Split the dataset into training and test sets

[3]:
from cuml import train_test_split
X_train, X_test, y_train, y_test = train_test_split(df, 'label', train_size=0.8)
[4]:
seq_classifier.train_model(X_train["email"], y_train, epochs=1)
Epoch:   0%|                                                                                                                                                              | 0/1 [00:00<?, ?it/s]/opt/conda/envs/clx_dev/lib/python3.8/site-packages/torch/nn/parallel/_functions.py:68: UserWarning: Was asked to gather along dimension 0, but all input tensors were scalars; will instead unsqueeze and return a vector.
  warnings.warn('Was asked to gather along dimension 0, but all '
Epoch: 100%|██████████████████████████████████████████████████████████████████████████████████████████████████████████████████████████████████████████████████████| 1/1 [00:06<00:00,  6.18s/it]
Train loss: 2.008297920227051
[5]:
seq_classifier.evaluate_model(X_test["email"], y_test)
[5]:
1.0

Ideally, you will want to train your model over a number of epochs as detailed in our example Phishing Detection notebook.

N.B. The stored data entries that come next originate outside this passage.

/// A search on its way: a graph with the choices that are made, the outcomes that are known, and the nodes of the tree so
/// far.
#[derive(Drop)]
pub(crate) struct BackjumpingSearch<'a> {
    pub(crate) asked: &'a ProposingSearch<'a>,
    graph: EventGraph,
    trail: Trail,
    ends: KnownEnds,
    pub(crate) frames: Vec<Frame>,
    /// For each of these the graph at its node.
    marks: Vec<Mark>,
    pub(crate) outcomes: KnownOutcomes<'a>,
    pub(crate) nodes: Vec<Node>,
    /// In a whole tree, what stands below each end of the thread whose node was the last to be done, where that is the same.
    pub(crate) below: Option<NodeRange>,
    /// How many nodes are above the tree that is searched for.
    above: usize,
}

impl<'a> BackjumpingSearch<'a> {
    /// A search in which nothing is chosen.
    pub(crate) fn new(
        asked: &'a ProposingSearch<'a>,
        mode: Mode,
        outcomes: KnownOutcomes<'a>,
    ) -> Result<BackjumpingSearch<'a>, AllocError> {
        let alloc = asked.alloc;
        let graph = EventGraph::new(alloc, asked.program, mode)?;
        Ok(BackjumpingSearch {
            asked,
            trail: Trail::new(&graph),
            graph,
            ends: KnownEnds::none(alloc),
            frames: Vec::new(alloc),
            marks: Vec::new(alloc),
            outcomes,
            nodes: Vec::new(alloc),
            below: None,
            above: 0,
        })
    }

    /// Makes choices, given by their places at the nodes above, and answers what is found after them. The tree that is
    /// searched for begins there.
    pub(crate) fn begin(&mut self, choices: &[usize]) -> Result<Found, AllocError> {
        self.above = choices.len();
        self.find_ends()?;
        let mut found = self.visit();
        for place in choices {
            drop(found?);
            found = self.enter(*place);
        }
        found
    }

    /// Goes to the child of the last node at a place. The nodes above it are left out.
    fn enter(&mut self, place: usize) -> Result<Found, AllocError> {
        if let Some(frame) = self.frames.last_mut() {
            frame.taken = place;
            for _ in 0..place {
                frame.branches = next_branches(&self.asked.shapes, frame.branches);
            }
        }
        self.nodes.truncate(0);
        self.next_child()
    }

    /// Goes on for so many steps, or until the search ends.
    pub(crate) fn go_on(&mut self, mut found: Found, steps: u64) -> Result<Found, AllocError> {
        for _ in 0..steps {
            found = match found {
                Found::Node => self.next_child()?,
                Found::Tree(conflicts) => self.after_child(conflicts)?,
                Found::Ended(end) => return Ok(Found::Ended(end)),
            };
        }
        Ok(found)
    }

    /// What the search has found, where it has ended.
    pub(crate) fn ended(
        self,
        end: Result<Option<SearchEnd>, AllocError>,
    ) -> Result<Option<Searched>, AllocError> {
        match end {
            Ok(Some(end)) => Ok(Some(self.searched(end))),
            Ok(None) => {
                drop(self);
                Ok(None)
            }
            Err(fault) => {
                drop(self);
                Err(fault)
            }
        }
    }

    /// What the search has found, now that it has ended so.
    fn searched(self, end: SearchEnd) -> Searched {
        let outcomes = self.outcomes;
        let nodes = self.nodes;
        let found = match outcomes {
            KnownOutcomes::Open(found) => found,
            KnownOutcomes::Closed(_) => NumberedOutcomes::none(self.asked.alloc),
        };
        Searched { end, found, nodes }
    }

    /// Makes the next choice of the last node.
    fn next_child(&mut self) -> Result<Found, AllocError> {
        let depth = self.depth();
        match self.next_choice() {
            Some(choice) => self.visit_after(depth, choice),
            None => Ok(Found::Ended(SearchEnd::Stuck)),
        }
    }

    /// Takes the next choice of the last node. `None` if no choice is left.
    fn next_choice(&mut self) -> Option<GraphChoice> {
        let start = self.nodes.len();
        let frame = self.frames.last_mut()?;
        let choice = *frame.choices.get(frame.taken)?;
        frame.taken = frame.taken.saturating_add(1);
        frame.start = start;
        Some(choice)
    }

    /// Takes the last choice back, after which a tree rests on these. Where it rests on the choice the node's next child
    /// comes, or the node is done.
    fn after_child(&mut self, own: ConflictSet) -> Result<Found, AllocError> {
        if self.frames.len() <= self.above {
            return Ok(Found::Ended(SearchEnd::Covered));
        }
        if let Some(mark) = self.marks.last() {
            self.graph.take_back_values(mark);
        }
        let depth = self.depth();
        if !own.has(depth) {
            if let Some(found) = self.without_choice(own)? {
                return Ok(found);
            }
        }
        let Some(frame) = self.frames.last_mut() else {
            return Ok(Found::Ended(SearchEnd::Stuck));
        };
        frame.conflicts.add_all(&own);
        let mut conflicts = frame.conflicts;
        if frame.taken < frame.choices.len() {
            frame.branches = next_branches(&self.asked.shapes, frame.branches);
            return Ok(self.again());
        }
        conflicts.remove(depth);
        self.below = None;
        Ok(self.done(conflicts))
    }

    /// How many nodes are above the last one.
    fn depth(&self) -> u16 {
        self.frames.len().saturating_sub(1).min(MOST_CHOICES) as u16
    }

    /// Goes back to the last node for its next child. After its last child the node above goes back.
    fn again(&mut self) -> Found {
        if let Some(mark) = self.marks.last() {
            self.graph.take_back_rows(mark);
        }
        Found::Node
    }

    /// The last node is done: its tree rests on these choices.
    pub(crate) fn done(&mut self, conflicts: ConflictSet) -> Found {
        drop(self.frames.pop());
        self.marks.truncate(self.frames.len());
        Found::Tree(conflicts)
    }

    /// Puts the tree from a place on in the place of the node that stands before it.
    pub(crate) fn lift(&mut self, root: usize, start: usize) {
        if root <= start && start <= self.nodes.len() {
            take_out(&mut self.nodes, root, start);
        }
    }

    /// Makes a choice and sees what is there.
    fn visit_after(&mut self, depth: u16, choice: GraphChoice) -> Result<Found, AllocError> {
        self.graph.choose(choice);
        self.trail.put(depth, &self.graph, choice);
        match choice {
            GraphChoice::Value { .. } => {
                if let Some(read) = self.lost_read() {
                    return self.open_node(Decision::Source(read));
                }
                self.find_ends()?;
            }
            GraphChoice::Source { read: at, .. } | GraphChoice::Order { second: at, .. } => {
                if self.graph.rows.has_round() {
                    return self.cycle(at);
                }
            }
        }
        self.visit()
    }

    /// In a whole tree, once each read has its value: a read of a value that nobody writes.
    fn lost_read(&self) -> Option<u8> {
        match self.asked.rule {
            Rule::Whole if self.graph.is_whole() => read_of_nobody(&self.graph),
            _ => None,
        }
    }

    /// What is there: a leaf, or a node, which is put after the others.
    fn visit(&mut self) -> Result<Found, AllocError> {
        let is_whole = self.graph.is_whole();
        let followed = self.graph.rows.followed;
        if let Some(conflicts) = self.known_leaf(is_whole, followed)? {
            return Ok(Found::Tree(conflicts));
        }
        let last = if is_whole {
            self.ends.last_writes(followed)
        } else {
            0
        };
        match next_decision(&self.graph, &self.asked.writes, self.asked.rule, last) {
            Some(decision) => self.open_node(decision),
            None => self.new_end(),
        }
    }

    /// Puts the node of a decision after the others.
    fn open_node(&mut self, decision: Decision) -> Result<Found, AllocError> {
        let choices = choices_of(self.asked.alloc, &self.graph, &self.asked.writes, decision)?;
        let count = choices.len();
        let conflicts = self.conflicts().of_node(decision);
        let root = self.nodes.len();
        let branches = self.branches_of(decision);
        self.frames.push(Frame {
            choices,
            taken: 0,
            root,
            start: root,
            branches,
            conflicts,
        })?;
        let node = self.node_of(decision, count);
        self.nodes.push(node)?;
        if count == 0 {
            drop(self.frames.pop());
            return Ok(Found::Tree(conflicts));
        }
        if self.frames.len() > MOST_CHOICES {
            return Ok(Found::Ended(SearchEnd::Stuck));
        }
        let thread = match decision {
            Decision::Value(t) => t,
            _ => 0,
        };
        self.marks.push(self.graph.mark(thread))?;
        Ok(Found::Node)
    }

    /// The node after choices, given by their places at the nodes above, and how many children it has. `None` if a leaf is
    /// there.
    pub(crate) fn node_after(
        &mut self,
        choices: &[usize],
    ) -> Result<Option<(Node, usize)>, AllocError> {
        let Found::Node = self.begin(choices)? else {
            return Ok(None);
        };
        match (self.nodes.last(), self.frames.last()) {
            (Some(node), Some(frame)) => Ok(Some((*node, frame.choices.len()))),
            _ => Ok(None),
        }
    }

    /// The node of a decision with so many choices.
    fn node_of(&self, decision: Decision, count: usize) -> Node {
        let count = count.min(1 << 16) as u32;
        match decision {
            Decision::Value(thread) => Node::Value { thread, count },
            Decision::Source(read) => Node::Source {
                read: self.access_id(read),
                count,
            },
            Decision::Order(first, second) => Node::Order {
                first: self.access_id(first),
                second: self.access_id(second),
            },
        }
    }

    fn access_id(&self, number: u8) -> AccessId {
        AccessId {
            thread: self.graph.numbering.thread(number),
            access: self.graph.numbering.index(number),
        }
    }

    /// Puts the leaf of a graph that must end as a known outcome after the other nodes. `None` if it need not.
    fn known_leaf(
        &mut self,
        is_whole: bool,
        followed: u32,
    ) -> Result<Option<ConflictSet>, AllocError> {
        if let Shown::Truth(formula) = self.asked.shown {
            return self.told_leaf(formula, is_whole, followed);
        }
        if !is_whole {
            return Ok(None);
        }
        let Some(end) = self.ends.must_end(followed) else {
            return Ok(None);
        };
        push_known(&mut self.nodes, u64::from(end.number))?;
        Ok(Some(self.conflicts().of_end(end.others)))
    }

    /// Puts the leaf of a graph that must end with a known truth of the formula after the other nodes.
    fn told_leaf(
        &mut self,
        formula: &Formula,
        is_whole: bool,
        followed: u32,
    ) -> Result<Option<ConflictSet>, AllocError> {
        let Some(truth) = known_truth(self.asked.alloc, &self.graph, formula)? else {
            return Ok(None);
        };
        let told = Outcome::told(self.asked.alloc, truth)?;
        let number = self.outcomes.number_of(&told);
        drop(told);
        let Some(number) = number else {
            return Ok(None);
        };
        push_known(&mut self.nodes, u64::from(number))?;
        Ok(Some(if is_whole {
            self.conflicts().of_end(followed)
        } else {
            self.conflicts().of_ended()
        }))
    }

    /// What is found in a complete graph whose outcome is new: an open list takes it, and the graph has its leaf.
    fn new_end(&mut self) -> Result<Found, AllocError> {
        let Some(run) = shown_run(self.asked.alloc, &self.graph, self.asked.shown)? else {
            return Ok(Found::Ended(SearchEnd::Stuck));
        };
        let KnownOutcomes::Open(found) = &mut self.outcomes else {
            return Ok(Found::Ended(SearchEnd::New(run)));
        };
        let number = found.next_number();
        let MadeRun { outcome, labels } = run;
        self.ends
            .add(&self.graph, self.asked.shown, number, &outcome)?;
        found.add(outcome, &labels)?;
        push_known(&mut self.nodes, u64::from(number))?;
        Ok(Found::Tree(self.new_conflicts()))
    }

    /// What the leaf of a new outcome rests on.
    fn new_conflicts(&self) -> ConflictSet {
        let followed = self.graph.rows.followed;
        match (self.asked.shown, self.ends.must_end(followed)) {
            (Shown::Truth(_), _) => self.conflicts().of_end(followed),
            (_, Some(end)) => self.conflicts().of_end(end.others),
            (_, None) => ConflictSet::all(),
        }
    }

    /// Once each read has its value, the known outcomes as which the graph may end.
    fn find_ends(&mut self) -> Result<(), AllocError> {
        let asked = self.asked;
        if matches!(asked.shown, Shown::Truth(_)) || !self.graph.is_whole() {
            return Ok(());
        }
        self.ends
            .find(asked.alloc, &self.graph, asked.shown, &self.outcomes)
    }

    /// Puts the leaf of a cycle through an access after the other nodes.
    fn cycle(&mut self, at: u8) -> Result<Found, AllocError> {
        let kind = self.union_around(at);
        let round = round_through(self.asked.alloc, self.graph.rows.of_union(kind), at)?;
        self.push_round(kind, &round)?;
        Ok(Found::Tree(self.conflicts().of_cycle(kind, &round)))
    }

    fn push_round(&mut self, kind: Kind, round: &[u8]) -> Result<(), AllocError> {
        let mut accesses = Vec::with_capacity(self.asked.alloc, round.len())?;
        for number in round {
            accesses.push(self.access_id(*number))?;
        }
        push_cycle(&mut self.nodes, kind, &accesses)
    }

    /// The union that has a cycle through an access.
    fn union_around(&self, at: u8) -> Kind {
        match self.graph.mode() {
            Mode::Sequential => Kind::Sequential,
            _ if is_in(reached_from(&self.graph.rows.main, at), at) => Kind::Location,
            Mode::Fenced(_) => Kind::Global,
        }
    }

    fn conflicts(&self) -> Conflicts<'_> {
        Conflicts {
            graph: &self.graph,
            trail: &self.trail,
            writes: &self.asked.writes,
            rule: self.asked.rule,
        }
    }
}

Save a trained model checkpoint

[6]:
seq_classifier.save_model("clx_pd_classifier.ckpt")

Save a trained model

[7]:
seq_classifier.save_model("clx_pd_classifier.pth")

Load a model

Let’s create a new phishing detector instance from the saved checkpoint.

[8]:
phishing_detector = BinarySequenceClassifier()
phishing_detector.init_model("clx_pd_classifier.ckpt")

Let’s create a new phishing detector instance from the saved model.

[9]:
phishing_detector2 = BinarySequenceClassifier()
phishing_detector2.init_model("clx_pd_classifier.pth")

PD Inferencing

Use your new model to predict phishing emails

[10]:
infer_df = cudf.DataFrame()
infer_df["email"] = ["Best regards, Ron Sinclear. ronsinclear@netscape.net","over. SidLet me know. Thx."]

phishing_detector.predict(infer_df["email"])
[10]:
(0     True
 1    False
 Name: 0, dtype: bool,
 0    0.632572
 1    0.451712
 Name: 0, dtype: float32)

Conclusion

This example shows that using a BERT-based phishing detector performs well in identifying the spam emails across these datasets. Users can experiment with other datasets, increase the coverage and change the number of epochs to fine-tune the results on their datasets. It is also an example of how CLX can be used with huggingface and other libraries to create custom solutions.